- _Problem details_:
The output should be limited to the line holding "all_zero(&store[past..]) && entries_sound(store, size, count)" and the lines after it through the end of the entries, each restated exactly.

- _Task data_:
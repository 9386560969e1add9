//! The last settlement from the bytes of a journal.
ghost use Rattle.std.specs.Prelude.{◌≡◌, IfOk};
ghost use Rattle.ice_last.specs.Lasts.{LastsBytes};
ghost use Rattle.ice_last.specs.Reading.{end_found, IsPayable, trade_in};

use crate::closing::Closing;
use crate::watch::Watch;
use ice_check_records::{Answer, CheckEnd, Checker, ClosedSession};
use ice_fair::Last;
use ice_frac::Frac;
use ice_reading::{JournalEnd, read_journal};
use std::alloc::{AllocError, Global};

/// Why there is none where the tests find this, and no session that has closed.
fn end_found(found: Result<Answer, CheckEnd>) -> JournalEnd
    ensures { result ≡ end_found found }
{
    match found {
        Ok(Answer::No { line, rule }) => JournalEnd::FailsTest { line, rule },
        Ok(_) => JournalEnd::Unjudged(CheckEnd::OtherKind),
        Err(end) => JournalEnd::Unjudged(end),
    }
}

/// The last settlement of a session that has closed, with these payments.
fn settled(alloc: Global, session: ClosedSession, payments: Vec<Frac>) -> Result<Last, AllocError>
    requires { IsPayable session payments.items }
    ensures { IfOk result (λ last. last ≡ trade_in session payments.items) }
{
    let ClosedSession {
        exchange,
        bounds,
        final_sets,
        cut,
    } = session;
    Last::new(alloc, exchange, &bounds, final_sets, cut.den, payments)
}

/// The last settlement of a closed session from the bytes of its journal: the exchange, the final
/// sets at the low bounds of that settlement, and what each bidder pays.
///
/// `Grammar` or `Unended` is answered exactly where a line is no record or the last one has no
/// newline, and names the least such line. Else `OtherKind` is answered exactly where there is no
/// line, or the first is no head of a session. Else `FailsTest` is answered exactly where a test of
/// the checker fails, and names the first one: a session that isn't closed fails one. `NoMemory` is
/// answered where memory runs out.
pub fn last(alloc: Global, bytes: &[u8]) -> Result<Last, JournalEnd>
    ensures { LastsBytes bytes.now result }
{
    let mut closing = Closing {
        alloc,
        checker: Checker::new(alloc),
        watch: Watch::Start,
    };
    match read_journal(bytes, &mut closing) {
        Ok(()) => {}
        Err(end) => return Err(JournalEnd::Unjudged(end)),
    }
    let Closing {
        alloc: _,
        checker,
        watch,
    } = closing;
    let Watch::Session(payments) = watch else {
        return Err(JournalEnd::Unjudged(CheckEnd::OtherKind));
    };
    let found = checker.answer();
    match checker.into_session()? {
        Some(session) => Ok(settled(alloc, session, payments)?),
        None => Err(end_found(found)),
    }
}
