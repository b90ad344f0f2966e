// The tests in front of every call: sizes, header, and every word of the store behind numbers 1, 2 and 5.
#![tactic(auto)]

ghost use Rattle.std.specs.Prelude.{◌≡◌, true, [], ◌∷◌, map, ◌+◌, ◌*◌, ◌^◌, ◌<◌, ◌≤◌, length};
ghost use Rattle.model.specs.Floats.{float, finite, finite_from_zero};
ghost use Rattle.model.specs.Entries.{entry_len, entry_of, strip, listed};
ghost use Rattle.model.specs.Numbers as Numbers;
ghost use Rattle.model.specs.Numbers.{max_coefficients};
ghost use Rattle.model.specs.Lists.{all_below};
ghost use Rattle.model.specs.Calls as Calls;
ghost use Rattle.model.specs.Calls.{held, shape, words_sound};
ghost use Rattle.model.specs.Known.{Known, known_after};
ghost use Rattle.entries.specs.Within.{Within};
ghost use Rattle.checks.specs.Sound.{entry_sound};

use model::{Header, Size};

// ---- 1: sizes

// From 1 to `most`.
pub fn one_to(most: usize, x: usize) -> bool
    ensures { result ≡ Numbers.one_to most x }
{
    1 <= x && x <= most
}

// n, k and capacity are within their limits, and a store of `words` words has capacity × entry length of them.
#[tactic(auto, unfolding(model::specs::Numbers::size_sound))]
pub fn size_sound(size: Size, words: usize) -> bool
    ensures { result ≡ Numbers.size_sound size words }
{
    let Size { n, k, capacity } = size;
    one_to(model::MAX_QUBITS, n)
        && one_to(model::MAX_COEFFICIENTS, k)
        && one_to(model::MAX_CAPACITY, capacity)
        && words == capacity * entries::entry_len(size)
}

// ---- 2: the header

// Neither NaN nor infinite nor below 0.
pub fn finite_from_zero(x: f64) -> bool
    ensures { result ≡ finite_from_zero x }
{
    0.0 <= x && x < f64::INFINITY
}

#[tactic(auto, unfolding(model::specs::Numbers::bounds_sound))]
pub fn bounds_sound(threshold: f64, cutoff: f64) -> bool
    ensures { result ≡ Numbers.bounds_sound threshold cutoff }
{
    finite_from_zero(threshold) && finite_from_zero(cutoff)
}

#[tactic(auto, unfolding(model::specs::Numbers::header_sound))]
pub fn header_sound(h: Header) -> bool
    ensures { result ≡ Numbers.header_sound h }
{
    h.count <= h.size.capacity && bounds_sound(h.threshold, h.cutoff)
}

// Number 1 or 2, or 0 if neither applies: so it is where that is known. A number and no enum, here and below: it is the answer's, of the C
// interface.
#[tactic(auto, unfolding(model::specs::Numbers::first_of))]
fn shape_number(h: Header, store: &[u64], known: bool) -> u64
    requires { Known known (held h store.now) }
    ensures { result ≡ Numbers.first_of (shape (held h store.now)) }
{
    if known {
        return 0;
    }
    if !size_sound(h.size, store.len()) {
        return 1;
    }
    if !header_sound(h) {
        return 2;
    }
    0
}

// ---- 5: the words

// Not NaN, not below 0, not above 1024.
#[tactic(auto, unfolding(model::specs::Numbers::weight_sound, model::specs::Floats::up_to))]
pub fn weight_sound(w: u64) -> bool
    ensures { result ≡ Numbers.weight_sound w }
{
    let x = words::float_of(w);
    0.0 <= x && x <= 1024.0
}

// The largest word with no bit at n or higher.
pub fn largest(n: usize) -> u64
    requires { n ≤ 64 }
    ensures { result + 1 ≡ 2 ^ n }
{
    if n < 64 { (1 << n) - 1 } else { u64::MAX }
}

// The exponent's field of a float's bits, and 1: 2048, the only one with a bit at 11, for a NaN or an infinity.
pub fn exponent_next(w: u64) -> u64
    ensures { Numbers.fits_in 11 result ≡ finite (float w) }
{
    (w >> 52) % 2048 + 1
}

// The first `used` coefficients, all of them counted: neither part NaN nor infinite. In one OR, so with no way out on the way.
pub fn counted_sound(coefs: &[u64], count: u64, used: usize) -> bool
    requires { (used ≤ max_coefficients) × (used ≤ count) × (3 * used ≤ length coefs.now) }
    ensures { result ≡ all_below (Numbers.coef_sound count coefs.now) used }
{
    let mut any = 0;
    for j in 0..used {
        let at = 3 * j;
        any |= exponent_next(coefs[at + 1]) | exponent_next(coefs[at + 2]);
    }
    any <= 2047
}

// The places from `used` to k, none of them counted: 0.
#[tactic(auto, unfolding(model::specs::Numbers::coefs_sound))]
pub fn unused_sound(coefs: &[u64], count: u64, used: usize, k: usize) -> bool
    requires { (k ≤ max_coefficients) × (count ≤ used) × (used ≤ k) × (3 * k ≤ length coefs.now) × (all_below (Numbers.coef_sound count coefs.now) used ≡ true) }
    ensures { result ≡ Numbers.coefs_sound k count coefs.now }
{
    let mut any = 0;
    for j in used..k {
        let at = 3 * j;
        any |= coefs[at] | coefs[at + 1] | coefs[at + 2];
    }
    any == 0
}

#[tactic(auto, unfolding(model::specs::Numbers::coefs_sound))]
pub fn coefs_sound(coefs: &[u64], k: usize, count: u64) -> bool
    requires { (k ≤ max_coefficients) × (3 * k ≤ length coefs.now) }
    ensures { result ≡ Numbers.coefs_sound k count coefs.now }
{
    if (k as u64) <= count {
        return counted_sound(coefs, count, k);
    }
    let used = count as usize;
    counted_sound(coefs, count, used) && unused_sound(coefs, count, used, k)
}

// No row has a bit of x or z at n or higher, or a phase above 3: neither has the OR of all. A pair of rows a turn, with an OR of its own
// for each of its six words, so that wide instructions do it.
pub fn rows_sound(rows: &[u64], n: usize) -> bool
    requires { (n ≤ 64) × (3 * (2 * n) ≤ length rows.now) }
    ensures { result ≡ Numbers.rows_sound n rows.now }
{
    let mut a = 0;
    let mut b = 0;
    let mut c = 0;
    let mut d = 0;
    let mut e = 0;
    let mut f = 0;
    for i in 0..n {
        let at = 6 * i;
        a |= rows[at];
        b |= rows[at + 1];
        c |= rows[at + 2];
        d |= rows[at + 3];
        e |= rows[at + 4];
        f |= rows[at + 5];
    }
    let words = (a | b) | (d | e);
    let phases = c | f;
    words <= largest(n) && phases <= 3
}

// Every word of an entry but weight and keys is one that a call accepts.
pub fn body_sound(e: &[u64], size: Size) -> bool
    requires { Within size × (length e.now ≡ entry_len size) }
    ensures { result ≡ Numbers.body_sound size (entry_of size e.now).entry.body }
{
    let Size { n, k, .. } = size;
    let count = e[4];
    let rows = 5 + 3 * k;
    if e[1] > largest(n) || count > k as u64 {
        return false;
    }
    coefs_sound(&e[5..rows], k, count) && rows_sound(&e[rows..], n)
}

// Every word of an entry but its keys is one that a call accepts.
#[tactic(auto, unfolding(crate::specs::Sound::entry_sound, model::specs::Entries::entry_of))]
pub fn entry_sound(e: &[u64], size: Size) -> bool
    requires { Within size × (length e.now ≡ entry_len size) }
    ensures { result ≡ entry_sound size (strip (entry_of size e.now)) }
{
    weight_sound(e[0]) && body_sound(e, size)
}

// Every word of the listed entries but their keys is one that a call accepts.
pub fn entries_sound(store: &[u64], size: Size, count: usize) -> bool
    requires { Within size × (count * entry_len size ≤ length store.now) }
    ensures { result ≡ Numbers.entries_sound size (map strip (listed size count store.now)) }
{
    let len = entries::entry_len(size);
    for i in 0..count {
        if !entry_sound(words::stretch(store, len, i), size) {
            return false;
        }
    }
    true
}

// Every listed weight is one that a call accepts.
pub fn weights_sound(store: &[u64], size: Size, count: usize) -> bool
    requires { Within size × (count * entry_len size ≤ length store.now) }
    ensures { result ≡ Numbers.weights_sound (map strip (listed size count store.now)) }
{
    let len = entries::entry_len(size);
    for i in 0..count {
        if !weight_sound(store[i * len]) {
            return false;
        }
    }
    true
}

// Every word is 0: their OR is.
pub fn all_zero(part: &[u64]) -> bool
    ensures { result ≡ Numbers.all_zero part.now }
{
    let mut any = 0;
    for word in part {
        any |= *word;
    }
    any == 0
}

// Number 5 does not apply: the listed entries are sound, and the slots past the count are 0. Of these only the weights are looked at where
// all else is known.
fn words_sound(h: Header, store: &[u64], known: bool) -> bool
    requires { (Numbers.first_of (shape (held h store.now)) ≡ 0) × Known known (held h store.now) }
    ensures { result ≡ words_sound (held h store.now) }
{
    let Header { size, count, .. } = h;
    if known {
        return weights_sound(store, size, count);
    }
    let past = count * entries::entry_len(size);
    all_zero(&store[past..]) && entries_sound(store, size, count)
}

// ---- the tests in front of a call

// The number of one test of a call's own: 0 if it does not apply.
#[tactic(auto, unfolding(model::specs::Numbers::first_of))]
pub fn test(number: u64, applies: bool) -> u64
    ensures { result ≡ Numbers.first_of (Numbers.gives number applies ∷ []) }
{
    if applies { number } else { 0 }
}

// EVERY CALL BEGINS WITH THIS: 1, 2, the number `own` that its own tests of its arguments gave, or 5: the first that is not 0. Whoever has
// made an accepted call on the sum, and nothing else since, may say that it is known; a caller from outside is not asked.
pub fn front(h: Header, store: &[u64], own: u64, known: bool) -> u64
    requires { Known known (held h store.now) }
    ensures { result ≡ Calls.front own (held h store.now) }
{
    let number = shape_number(h, store, known);
    if number != 0 {
        return number;
    }
    if own != 0 {
        return own;
    }
    if words_sound(h, store, known) { 0 } else { 5 }
}

// What is known after a call that gave this number.
pub fn known_after(known: bool, number: u64) -> bool
    ensures { result ≡ known_after known number }
{
    known || number == 0
}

- _Answer to this task_:
    all_zero(&store[past..]) && entries_sound(store, size, count)
}

// ---- the tests in front of a call

// The number of one test of a call's own: 0 if it does not apply.
#[tactic(auto, unfolding(model::specs::Numbers::first_of))]
pub fn test(number: u64, applies: bool) -> u64
    ensures { result ≡ Numbers.first_of (Numbers.gives number applies ∷ []) }
{
    if applies { number } else { 0 }
}

// EVERY CALL BEGINS WITH THIS: 1, 2, the number `own` that its own tests of its arguments gave, or 5: the first that is not 0. Whoever has
// made an accepted call on the sum, and nothing else since, may say that it is known; a caller from outside is not asked.
pub fn front(h: Header, store: &[u64], own: u64, known: bool) -> u64
    requires { Known known (held h store.now) }
    ensures { result ≡ Calls.front own (held h store.now) }
{
    let number = shape_number(h, store, known);
    if number != 0 {
        return number;
    }
    if own != 0 {
        return own;
    }
    if words_sound(h, store, known) { 0 } else { 5 }
}

// What is known after a call that gave this number.
pub fn known_after(known: bool, number: u64) -> bool
    ensures { result ≡ known_after known number }
{
    known || number == 0
}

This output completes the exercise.